The House proposal also ensures every school gets a minimum of $1,093 per pupil in pandemic relief and pushes $560 million toward debt payments in the Michigan Public Schools’ Employees Retirement System.

The House’s proposed $48 billion general omnibus budget would ease most of the cuts the House placed in its initial budget proposal, bringing department budgets largely in line with current year totals.

But the omnibus budget adds language that Whitmer is expected to oppose. Included in the so-called “boilerplate” language are a ban on departments requiring a COVID-19 vaccination as a condition for state services and requirements for the preparation of reports on any severance pay agreements and remote work arrangements.

Early Thursday afternoon, Senate Appropriations Chairman Jim Stamas, R-Midland, said his understanding was the House was putting together a budget plan it would send to the Senate. That’s different than the normal operating process where the House and Senate negotiate a budget together.

“(I’m) anxious to see what it has in it,” Stamas said of the House proposal. “It’s not something that has been shared with us yet. (We’ll) take a look at it and see where we can go from there.”

Stamas told reporters Thursday that he hadn’t met in person with Albert, R-Lowell, for a week. The House and Senate have disagreed in recent days over a $4.3 billion supplemental spending bill.

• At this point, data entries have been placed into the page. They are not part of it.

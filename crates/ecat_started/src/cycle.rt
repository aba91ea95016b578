//! The law of a cycle on a ring that meets the certificate, the contract of a function that does nothing.

ghost use Rattle.std.specs.Prelude.{ℕ, List, Result, map};
ghost use Rattle.ec_esc.specs.State.{ControllerState};
ghost use Rattle.ec_line.specs.Answered.{sent_of};
ghost use Rattle.ec_map.specs.Item.{ItemRecord};
ghost use Rattle.ec_ring.specs.Ring.{RingState, line_of};
ghost use Rattle.ec_master.specs.Cut.{frames_of};
ghost use Rattle.ec_master.specs.Given.{AllThatCame};
ghost use Rattle.ec_master.specs.Suffice.{SaysOfEach};
ghost use Rattle.ec_master.specs.declared.cycle.CycleFault.{CycleFault};
ghost use Rattle.ec_master.specs.declared.verdict.Verdict.{Verdict};
ghost use Rattle.ecat_remote.specs.Network.{AreAllTaken, IsOfCycle, NetworkGaveAll};
ghost use Rattle.ecat_remote.specs.Trips.{RemoteState};
ghost use Rattle.ecat_started.specs.Certified.{IsCertified};

use ecat_remote::{Carrier, a_good_is_of_its_cycle};

/// A cycle over a network, on a ring that meets the certificate of its work, say on one that a start has left
/// ([`crate::certified_line`]). Where what bears a number of a trip is one of the trip's two copies, what the
/// end of the cycle says is of this ring ([`a_good_is_of_its_cycle`]): a good verdict is of its slaves, and
/// no premise says of them that they are accepted or mapped as a scene wants.
pub fn certified_cycle<C: Carrier>()
    ensures { (r : RingState) (work : List ItemRecord) (expected : List ℕ) (before later : RemoteState C)
        (came : AllThatCame) (behind : List ControllerState) (result : Result Verdict CycleFault)
        (work_later : List ItemRecord) → IsCertified r work expected
        → SaysOfEach work expected came result work_later
        → (all : AreAllTaken C.gives C.heard before (map sent_of (frames_of work)) came later)
        → NetworkGaveAll before.next (line_of r) (map sent_of (frames_of work)) all.taken behind
        → IsOfCycle r work came behind result work_later }
{
    a_good_is_of_its_cycle::<C>();
}
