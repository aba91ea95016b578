//! The laws of a start that succeeds, each the contract of a function that does nothing.

ghost use Rattle.std.specs.Prelude.{◌≡◌, ◌≤◌, ℕ, List, [], Option, Result, Ok, length};
ghost use Rattle.ec_app.specs.State.{SlaveState};
ghost use Rattle.ec_diag.specs.declared.located.Located.{Located};
ghost use Rattle.ec_ring.specs.Ring.{RingState};
ghost use Rattle.ec_run.specs.Watched.{WatchedState, WatchedTrips};
ghost use Rattle.ec_run.specs.declared.phase.StepFault.{StepFault};
ghost use Rattle.ec_run.specs.declared.wanted.Wanted.{Wanted};
ghost use Rattle.ec_services.specs.declared.fault.MasterFault.{MasterFault};
ghost use Rattle.ec_over_ring.specs.Brought.{ReachesAll};
ghost use Rattle.ec_over_ring.specs.Fit.{HaveNoObjects};
ghost use Rattle.ec_over_ring.specs.Heard.{HeardRing};
ghost use Rattle.ecat_master.specs.Course.{IsLookedOver};
ghost use Rattle.ecat_master.specs.Identities.{WantedIdentity};
ghost use Rattle.ecat_master.specs.Start.{AreCounted, GivesStations, IsCaused, IsFound, gap_of};
ghost use Rattle.ecat_master.specs.declared.startup.StartFault.{StartFault};
ghost use Rattle.ecat_started.specs.Startable.{AreGiven, AreTaking, CanBeStarted, HaveIdentities};
ghost use Rattle.ecat_started.specs.Startable.{IsToldRight};

use ec_diag::promises::trips_are_heard;

/// The slaves of a ring with at most one link down, of which nothing is lost, are counted right: each is
/// passed by one of both copies, and neither copy is a stranger.
pub fn counted_right()
    ensures { (before later : WatchedState RingState) (count : Result ℕ MasterFault)
        → ReachesAll before.ports → AreCounted (WatchedTrips HeardRing) before count later
        → count ≡ Ok (length before.ports.slaves) }
{}

/// Looks at the cable of such a ring, of at least one slave, find it whole, or broken at the link that is
/// down.
pub fn cable_told()
    ensures { (slaves : ℕ) (before later : WatchedState RingState) (found : Option Located)
        → ReachesAll before.ports → slaves ≡ length before.ports.slaves → 1 ≤ slaves
        → IsLookedOver HeardRing before slaves found later
        → IsToldRight before.ports.links slaves found }
{
    trips_are_heard();
}

/// Each slave of such a ring gets the station address of its place on the line, wherever the cable is broken
/// and whoever had which at first. Between two slaves that a broken link parts, places are counted from both
/// ends: the slaves behind it get theirs first, and those before it by frames that circulate.
pub fn stations_given()
    ensures { (line : List Wanted) (cable : Located) (result : Result (Unit {0}) StepFault)
        (before looked later : WatchedState RingState) → CanBeStarted before.ports line
        → IsFound HeardRing before line cable looked
        → GivesStations (WatchedTrips HeardRing) looked line (gap_of cable (length line)) result later
        → AreGiven line result later.ports }
{
    trips_are_heard();
}

/// A start ([`ecat_master::start`]) over such a ring whose slaves are those of the line: as many, in their
/// order, each of which what is wanted fits; whoever has which station address, and in whatever states and
/// with whatever records and mails they are found. No fault has a cause (`never`) where each slave has the
/// identity that is wanted at its place, in objects that may only be read, and takes its startup objects:
/// the slaves are counted right ([`counted_right`]), the cable is told as it is ([`cable_told`]), each gets
/// its station address ([`stations_given`]), none is another than is wanted, and no step of any phase
/// fails. Where no startup object is wanted the slaves take them all (`no_objects`), and where no identity
/// is wanted they have it (`no_identities`). So the start is answered with Ok, within so many trips as its
/// contract says, unless a line of text can not be written.
pub fn never_fails()
    ensures never { (line : List Wanted) (identities : List WantedIdentity) (before : WatchedState RingState)
        (fault : StartFault) → CanBeStarted before.ports line → AreTaking line before.ports.slaves
        → HaveIdentities identities line before.ports.slaves
        → IsCaused HeardRing before line identities fault → ⊥ }
    ensures no_objects { (line : List Wanted) (before : WatchedState RingState)
        → CanBeStarted before.ports line → HaveNoObjects line → AreTaking line before.ports.slaves }
    ensures no_identities { (line : List Wanted) (slaves : List SlaveState)
        → HaveIdentities [] line slaves }
{
    trips_are_heard();
}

Last week, the Senate voted 35-0 to pass the education bill, which featured $840 million for school districts provided through the December round of coronavirus relief, signed by then-President Donald Trump, and $3.3 billion for districts through the March round of relief, signed by President Joe Biden. Under the federal legislation, the money would primarily go to districts with large numbers of students from low-income families.

The House wanted money for “equalization” payments, using other federal relief funds, to ensure every district received a certain amount per pupil. In a prior proposal, lawmakers proposed $362 million for a minimum of $1,093 per student. Stamas said he wanted to include the “equalization” discussion within the larger talks over the school budget for next year.

The House on Thursday also voted 105-3 to approve the $4.3 billion education supplement, reaching somewhat of a compromise by including the equalization payments in the general budget and giving the money “immediate effect.”

Stamas said he wants to continue to try to meet the July 1 deadline.

“I have committed to the speaker to continue to look at what is sent over,” he said.

Whitmer said Wednesday that Stamas and Albert were participating in “regular and robust conversations” with state budget Director Dave Massaron. There are different priorities for the spending plan, Whitmer said, but both sides of the aisle recognize an economic need and opportunity.

“I would love to see this get done by the end of the month, at least the budget piece, maybe not all of the federal dollars,” Whitmer said. “I don’t know if that’s going to happen. I think that there are different viewpoints in the Legislature on that front.”